Par une requête et un mémoire complémentaire, enregistrés le 25 janvier 2017 et le 19 octobre 2017, la société Pierrette TBA, représentée par MeB..., demande à la cour :
1°) de réformer le jugement n° 1407057 du 24 novembre 2016 du tribunal administratif de Strasbourg en ce qu'il ne lui a pas donné totale satisfaction ;
2°) de condamner le centre hospitalier d'Obernai à lui verser une somme de 26 332 euros, assortie des intérêts légaux, et le cas échéant, de la capitalisation des intérêts échus, en réparation du préjudice subi par son éviction irrégulière du marché de prestations de traitement du linge ;
3°) de mettre à la charge du centre hospitalier d'Obernai la somme de 5 000 euros au titre de l'article L. 761-1 du code de justice administrative.
Elle soutient que :
- le tribunal aurait dû retenir le moyen tiré de la méconnaissance du principe de spécialité posé par l'article L. 6141-1 du code de la santé publique en constatant que les prestations de service n'étaient pas réalisées à moyens constants ;
- le moyen tiré de la violation du principe de la liberté du commerce et de l'industrie n'était pas inopérant dès lors que la légalité de l'intervention de la personne publique dans une sphère économique étrangère à sa mission de service public n'était en l'espèce justifiée ni par un intérêt public ni par une carence de l'initiative privée ;
- le principe de libre concurrence a été méconnu dès lors que, quel qu'en ait été le niveau par rapport à ses concurrents, le prix proposé par le centre hospitalier de Sélestat ne comprenait pas l'ensemble des coûts directs et indirects concourant à la formation du prix de la prestation de traitement de linge ;
- c'est à tort que le tribunal a estimé que la méthode de notation du critère du prix n'était pas irrégulière alors qu'il n'a même pas pu procéder à son examen faute d'avoir obtenu communication des éléments nécessaires ;
- cette méthode méconnaît les principes d'égalité de traitement des candidats et de transparence des procédures ;
- elle disposait d'une chance sérieuse de remporter le marché.

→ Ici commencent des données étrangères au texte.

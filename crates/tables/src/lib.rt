// tables: the caller's timetable in one lent slice of numbers, its counts by value, getters, and the questions that every
// call asks of it (document 01, questions 1 to 6).
// Place: tables.
// Specs (claims): where each number stands (Tables), the timetable free of memory (Timetable), each question as a test of the lists,
// row by row (Door), what a yes gives (Sane).
// Proves: each test answers exactly its definition; a timetable that passes has the facts that inner functions need.
// Assumes nothing.
#![tactic(auto)]

ghost use Rattle.std.specs.Prelude.{◌≡◌, ◌&&◌, ◌+◌, ◌*◌, ◌<◌};
ghost use Rattle.tables.specs.Tables.{time_of, trip_of, edge_of, window_of, stop_time_at, trip_at, window_at, edge_at};
ghost use Rattle.tables.specs.Door.{counts_ok, slices_ok, trip_runs, stop_time_numbers, edge_numbers, stop_time_ranges, trip_ranges, window_ranges};
ghost use Rattle.tables.specs.Door.{edge_ranges, edge_rises, every_row, runs_ok, numbers_ok, ranges_ok, order_ok};
ghost use Rattle.tables.specs.Sane.{CountsOk, SlicesOk};

// How many there are of each.
#[derive(Clone, Copy)]
pub struct Counts {
    pub stops: usize,
    pub trips: usize,
    pub times: usize,
    pub windows: usize,
    pub edges: usize,
}

// The rows, as document 01 lists their fields.
#[derive(Clone, Copy)]
pub struct StopTimeRow {
    pub stop: usize,
    pub arrival: usize,
    pub departure: usize,
    pub sequence: usize,
    pub pickup: usize,
    pub drop_off: usize,
}

#[derive(Clone, Copy)]
pub struct TripRow {
    pub first: usize,
    pub count: usize,
    pub mode: usize,
    pub wheelchair: usize,
    pub window: usize,
    pub windows: usize,
    pub active: usize,
    pub excluded: usize,
}

#[derive(Clone, Copy)]
pub struct WindowRow {
    pub start: usize,
    pub end: usize,
    pub headway: usize,
}

#[derive(Clone, Copy)]
pub struct EdgeRow {
    pub from: usize,
    pub to: usize,
    pub duration: usize,
    pub pathway: usize,
    pub pattern: usize,
}

// A check: what is asked of every row of a table. Contracts and specs name the checks by it; each has a function of its own.
#[derive(Clone, Copy)]
pub enum Check {
    TripRuns,
    StopTimeNumbers,
    EdgeNumbers,
    StopTimeRanges,
    TripRanges,
    WindowRanges,
    EdgeRanges,
    EdgeOrder,
}

// Field k of stop time i: stop, arrival, departure, sequence, pickup, drop-off.
#[tactic(auto, unfolding(crate::specs::Tables::time_of))]
pub fn time(tables: &[u32], c: Counts, i: usize, k: usize) -> usize
    requires counts_ok { CountsOk c }
    requires slices_ok { SlicesOk tables.now c }
    requires i_bound { i < c.times }
    requires k_bound { k < 6 }
    ensures value { result ≡ time_of tables.now i k }
    ensures bound { result < 4294967296 }
{
    tables[i * 6 + k] as usize
}

// Field k of trip i: first stop time, count, mode, wheelchair, first window, window count, active, excluded.
#[tactic(auto, unfolding(crate::specs::Tables::trip_of))]
pub fn trip(tables: &[u32], c: Counts, i: usize, k: usize) -> usize
    requires counts_ok { CountsOk c }
    requires slices_ok { SlicesOk tables.now c }
    requires i_bound { i < c.trips }
    requires k_bound { k < 8 }
    ensures value { result ≡ trip_of tables.now c i k }
    ensures bound { result < 4294967296 }
{
    tables[c.times * 6 + i * 8 + k] as usize
}

// Field k of window i: start, end, headway.
#[tactic(auto, unfolding(crate::specs::Tables::window_of))]
fn window(tables: &[u32], c: Counts, i: usize, k: usize) -> usize
    requires counts_ok { CountsOk c }
    requires slices_ok { SlicesOk tables.now c }
    requires i_bound { i < c.windows }
    requires k_bound { k < 3 }
    ensures value { result ≡ window_of tables.now c i k }
    ensures bound { result < 4294967296 }
{
    tables[c.times * 6 + c.trips * 8 + i * 3 + k] as usize
}

// Field k of walk edge i: from, to, duration, mode, pattern.
#[tactic(auto, unfolding(crate::specs::Tables::edge_of))]
pub fn edge(tables: &[u32], c: Counts, i: usize, k: usize) -> usize
    requires counts_ok { CountsOk c }
    requires slices_ok { SlicesOk tables.now c }
    requires i_bound { i < c.edges }
    requires k_bound { k < 5 }
    ensures value { result ≡ edge_of tables.now c i k }
    ensures bound { result < 4294967296 }
{
    tables[c.times * 6 + c.trips * 8 + c.windows * 3 + i * 5 + k] as usize
}

// Rows by value.
pub fn stop_time_row(tables: &[u32], c: Counts, i: usize) -> StopTimeRow
    requires counts_ok { CountsOk c }
    requires slices_ok { SlicesOk tables.now c }
    requires i_bound { i < c.times }
    ensures { result ≡ stop_time_at tables.now i }
{
    StopTimeRow {
        stop: time(tables, c, i, 0),
        arrival: time(tables, c, i, 1),
        departure: time(tables, c, i, 2),
        sequence: time(tables, c, i, 3),
        pickup: time(tables, c, i, 4),
        drop_off: time(tables, c, i, 5),
    }
}

fn trip_row(tables: &[u32], c: Counts, i: usize) -> TripRow
    requires counts_ok { CountsOk c }
    requires slices_ok { SlicesOk tables.now c }
    requires i_bound { i < c.trips }
    ensures value { result ≡ trip_at tables.now c i }
    ensures first { result.first < 4294967296 }
    ensures count { result.count < 4294967296 }
    ensures window { result.window < 4294967296 }
    ensures windows { result.windows < 4294967296 }
{
    TripRow {
        first: trip(tables, c, i, 0),
        count: trip(tables, c, i, 1),
        mode: trip(tables, c, i, 2),
        wheelchair: trip(tables, c, i, 3),
        window: trip(tables, c, i, 4),
        windows: trip(tables, c, i, 5),
        active: trip(tables, c, i, 6),
        excluded: trip(tables, c, i, 7),
    }
}

fn window_row(tables: &[u32], c: Counts, i: usize) -> WindowRow
    requires counts_ok { CountsOk c }
    requires slices_ok { SlicesOk tables.now c }
    requires i_bound { i < c.windows }
    ensures { result ≡ window_at tables.now c i }
{
    WindowRow {
        start: window(tables, c, i, 0),
        end: window(tables, c, i, 1),
        headway: window(tables, c, i, 2),
    }
}

pub fn edge_row(tables: &[u32], c: Counts, i: usize) -> EdgeRow
    requires counts_ok { CountsOk c }
    requires slices_ok { SlicesOk tables.now c }
    requires i_bound { i < c.edges }
    ensures { result ≡ edge_at tables.now c i }
{
    EdgeRow {
        from: edge(tables, c, i, 0),
        to: edge(tables, c, i, 1),
        duration: edge(tables, c, i, 2),
        pathway: edge(tables, c, i, 3),
        pattern: edge(tables, c, i, 4),
    }
}

// Question 1.
#[tactic(auto, unfolding(crate::specs::Door::counts_ok))]
pub fn counts_ok(c: Counts) -> bool
    ensures { result ≡ counts_ok c }
{
    c.stops <= 4096 && c.trips <= 4096 && c.times <= 65536 && c.windows <= 65536 && c.edges <= 65536
}

// Question 2.
#[tactic(auto, unfolding(crate::specs::Door::slices_ok))]
pub fn slices_ok(tables: &[u32], c: Counts) -> bool
    requires { CountsOk c }
    ensures { result ≡ slices_ok tables.now c }
{
    tables.len() == c.times * 6 + c.trips * 8 + c.windows * 3 + c.edges * 5 + c.stops
}

// Question 3 of one trip.
#[tactic(auto, unfolding(crate::specs::Door::trip_runs))]
fn trip_runs(r: TripRow, c: Counts) -> bool
    requires first_bound { r.first < 4294967296 }
    requires count_bound { r.count < 4294967296 }
    requires window_bound { r.window < 4294967296 }
    requires windows_bound { r.windows < 4294967296 }
    ensures { result ≡ trip_runs c r }
{
    0 < r.count && r.first + r.count <= c.times && r.window + r.windows <= c.windows
}

// Question 4 of one stop time and of one walk edge.
#[tactic(auto, unfolding(crate::specs::Door::stop_time_numbers))]
fn stop_time_numbers(r: StopTimeRow, c: Counts) -> bool
    ensures { result ≡ stop_time_numbers c r }
{
    r.stop < c.stops
}

#[tactic(auto, unfolding(crate::specs::Door::edge_numbers))]
fn edge_numbers(r: EdgeRow, c: Counts) -> bool
    ensures { result ≡ edge_numbers c r }
{
    r.from < c.stops && r.to < c.stops
}

// Question 5 of one row of each table.
#[tactic(auto, unfolding(crate::specs::Door::stop_time_ranges))]
fn stop_time_ranges(r: StopTimeRow) -> bool
    ensures { result ≡ stop_time_ranges r }
{
    r.arrival <= 1048575 && r.departure <= 1048575 && r.pickup <= 3 && r.drop_off <= 3
}

#[tactic(auto, unfolding(crate::specs::Door::trip_ranges))]
fn trip_ranges(r: TripRow) -> bool
    ensures { result ≡ trip_ranges r }
{
    r.mode <= 6 && r.wheelchair <= 2 && r.active <= 1 && r.excluded <= 1
}

#[tactic(auto, unfolding(crate::specs::Door::window_ranges))]
fn window_ranges(r: WindowRow) -> bool
    ensures { result ≡ window_ranges r }
{
    r.start <= 1048575 && r.end <= 1048575 && r.headway <= 1048575
}

#[tactic(auto, unfolding(crate::specs::Door::edge_ranges))]
fn edge_ranges(r: EdgeRow) -> bool
    ensures { result ≡ edge_ranges r }
{
    r.duration <= 1048575 && r.pathway <= 7
}

// Question 6 of a walk edge: it does not leave a lower stop than the one before it.
#[tactic(auto, unfolding(crate::specs::Door::edge_rises))]
fn edge_rises(tables: &[u32], c: Counts, i: usize) -> bool
    requires counts_ok { CountsOk c }
    requires slices_ok { SlicesOk tables.now c }
    requires i_bound { i < c.edges }
    ensures { result ≡ edge_rises tables.now c i }
{
    i == 0 || edge(tables, c, i - 1, 0) <= edge(tables, c, i, 0)
}

// Question 3 of every trip.
#[tactic(auto, unfolding(crate::specs::Door::runs_ok))]
pub fn runs_ok(tables: &[u32], c: Counts) -> bool
    requires counts_ok { CountsOk c }
    requires slices_ok { SlicesOk tables.now c }
    ensures { result ≡ runs_ok tables.now c }
{
    (0..c.trips).all(|i| trip_runs(trip_row(tables, c, i), c))
}

// Question 4 of every stop time, and of every walk edge.
fn stop_times_known(tables: &[u32], c: Counts) -> bool
    requires counts_ok { CountsOk c }
    requires slices_ok { SlicesOk tables.now c }
    ensures { result ≡ every_row tables.now c Check.StopTimeNumbers }
{
    (0..c.times).all(|i| stop_time_numbers(stop_time_row(tables, c, i), c))
}

fn edges_known(tables: &[u32], c: Counts) -> bool
    requires counts_ok { CountsOk c }
    requires slices_ok { SlicesOk tables.now c }
    ensures { result ≡ every_row tables.now c Check.EdgeNumbers }
{
    for i in 0..c.edges {
        if !edge_numbers(edge_row(tables, c, i), c) {
            return false;
        }
    }
    true
}

// Of both.
#[tactic(auto, unfolding(crate::specs::Door::numbers_ok))]
pub fn numbers_ok(tables: &[u32], c: Counts) -> bool
    requires counts_ok { CountsOk c }
    requires slices_ok { SlicesOk tables.now c }
    ensures { result ≡ numbers_ok tables.now c }
{
    stop_times_known(tables, c) && edges_known(tables, c)
}

// Question 5 of every row of each table.
fn stop_times_in_range(tables: &[u32], c: Counts) -> bool
    requires counts_ok { CountsOk c }
    requires slices_ok { SlicesOk tables.now c }
    ensures { result ≡ every_row tables.now c Check.StopTimeRanges }
{
    (0..c.times).all(|i| stop_time_ranges(stop_time_row(tables, c, i)))
}

fn trips_in_range(tables: &[u32], c: Counts) -> bool
    requires counts_ok { CountsOk c }
    requires slices_ok { SlicesOk tables.now c }
    ensures { result ≡ every_row tables.now c Check.TripRanges }
{
    (0..c.trips).all(|i| trip_ranges(trip_row(tables, c, i)))
}

fn windows_in_range(tables: &[u32], c: Counts) -> bool
    requires counts_ok { CountsOk c }
    requires slices_ok { SlicesOk tables.now c }
    ensures { result ≡ every_row tables.now c Check.WindowRanges }
{
    (0..c.windows).all(|i| window_ranges(window_row(tables, c, i)))
}

fn edges_in_range(tables: &[u32], c: Counts) -> bool
    requires counts_ok { CountsOk c }
    requires slices_ok { SlicesOk tables.now c }
    ensures { result ≡ every_row tables.now c Check.EdgeRanges }
{
    for i in 0..c.edges {
        if !edge_ranges(edge_row(tables, c, i)) {
            return false;
        }
    }
    true
}

// Of all.
#[tactic(auto, unfolding(crate::specs::Door::ranges_ok))]
pub fn ranges_ok(tables: &[u32], c: Counts) -> bool
    requires counts_ok { CountsOk c }
    requires slices_ok { SlicesOk tables.now c }
    ensures { result ≡ ranges_ok tables.now c }
{
    stop_times_in_range(tables, c)
        && trips_in_range(tables, c)
        && windows_in_range(tables, c)
        && edges_in_range(tables, c)
}

// Questions 4 and 5 of every stop time, each read once and no branch between them: kept are the greatest stop plus one, and all bits of the
// times and of the codes.
#[tactic(auto, using(crate::proofs::Yes::kept_all))]
fn stop_times_ok(tables: &[u32], c: Counts) -> bool
    requires counts_ok { CountsOk c }
    requires slices_ok { SlicesOk tables.now c }
    ensures { result ≡ every_row tables.now c Check.StopTimeNumbers && every_row tables.now c Check.StopTimeRanges }
{
    let mut stops: usize = 0;
    let mut times: u32 = 0;
    let mut codes: u32 = 0;
    for i in 0..c.times {
        let at = i * 6;
        stops = stops.max(tables[at] as usize + 1);
        times |= tables[at + 1] | tables[at + 2];
        codes |= tables[at + 4] | tables[at + 5];
    }
    stops <= c.stops && (times <= 1048575 && codes <= 3)
}

// Questions 4 and 5 at once, each stop time read once.
#[tactic(auto, unfolding(crate::specs::Door::numbers_ok, crate::specs::Door::ranges_ok))]
pub fn rows_ok(tables: &[u32], c: Counts) -> bool
    requires counts_ok { CountsOk c }
    requires slices_ok { SlicesOk tables.now c }
    ensures { result ≡ numbers_ok tables.now c && ranges_ok tables.now c }
{
    stop_times_ok(tables, c)
        && edges_known(tables, c)
        && trips_in_range(tables, c)
        && windows_in_range(tables, c)
        && edges_in_range(tables, c)
}

// Question 6 of every walk edge.
pub fn order_ok(tables: &[u32], c: Counts) -> bool
    requires counts_ok { CountsOk c }
    requires slices_ok { SlicesOk tables.now c }
    ensures { result ≡ order_ok tables.now c }
{
    for i in 0..c.edges {
        if !edge_rises(tables, c, i) {
            return false;
        }
    }
    true
}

Par un mémoire en défense, enregistré le 18 avril 2017, le centre hospitalier d'Obernai, désormais groupe hospitalier de Sélestat-Obernai, représenté par MeA..., conclut au rejet de la requête et à ce que la somme de 3 000 euros soit mise à la charge de la société Pierrette TBA au titre de l'article L. 761-1 du code de justice administrative.
Il soutient que :
- l'activité de blanchisserie relève des missions d'un établissement public de santé ;
- en application de l'article L. 6145-7 du code de la santé publique, il peut assurer des prestations de service ;
- aucun texte ne lui impose de présenter un prix de revient individualisé par origine de prestation ;
- il a formulé son offre à moyens constants ;
- c'est en application de la jurisprudence que le tribunal a écarté comme inopérant le moyen tiré de la méconnaissance du principe de la liberté du commerce et de l'industrie ;
- le prix proposé a été calculé en intégrant l'ensemble des coûts directs et indirects ;
- aucun principe ni texte n'impose au pouvoir adjudicateur d'informer les candidats de la méthode de notation envisagée pour évaluer leurs offres au regard des critères de sélection ;
- le préjudice doit être évalué sur la base du taux de marge net moyen.
Vu :
- le code des marchés publics ;
- le code de la santé publique ;
- le code de justice administrative.
Les parties ont été régulièrement averties du jour de l'audience.
Ont été entendus au cours de l'audience publique :
- le rapport de M. Wallerich, président-assesseur,
- les conclusions de Mme Kohler, rapporteur public,
- et les observations de Me Gagey, avocat de la société Pierrette TBA et de Me Mezempte, avocat du centre hospitalier d'Obernai.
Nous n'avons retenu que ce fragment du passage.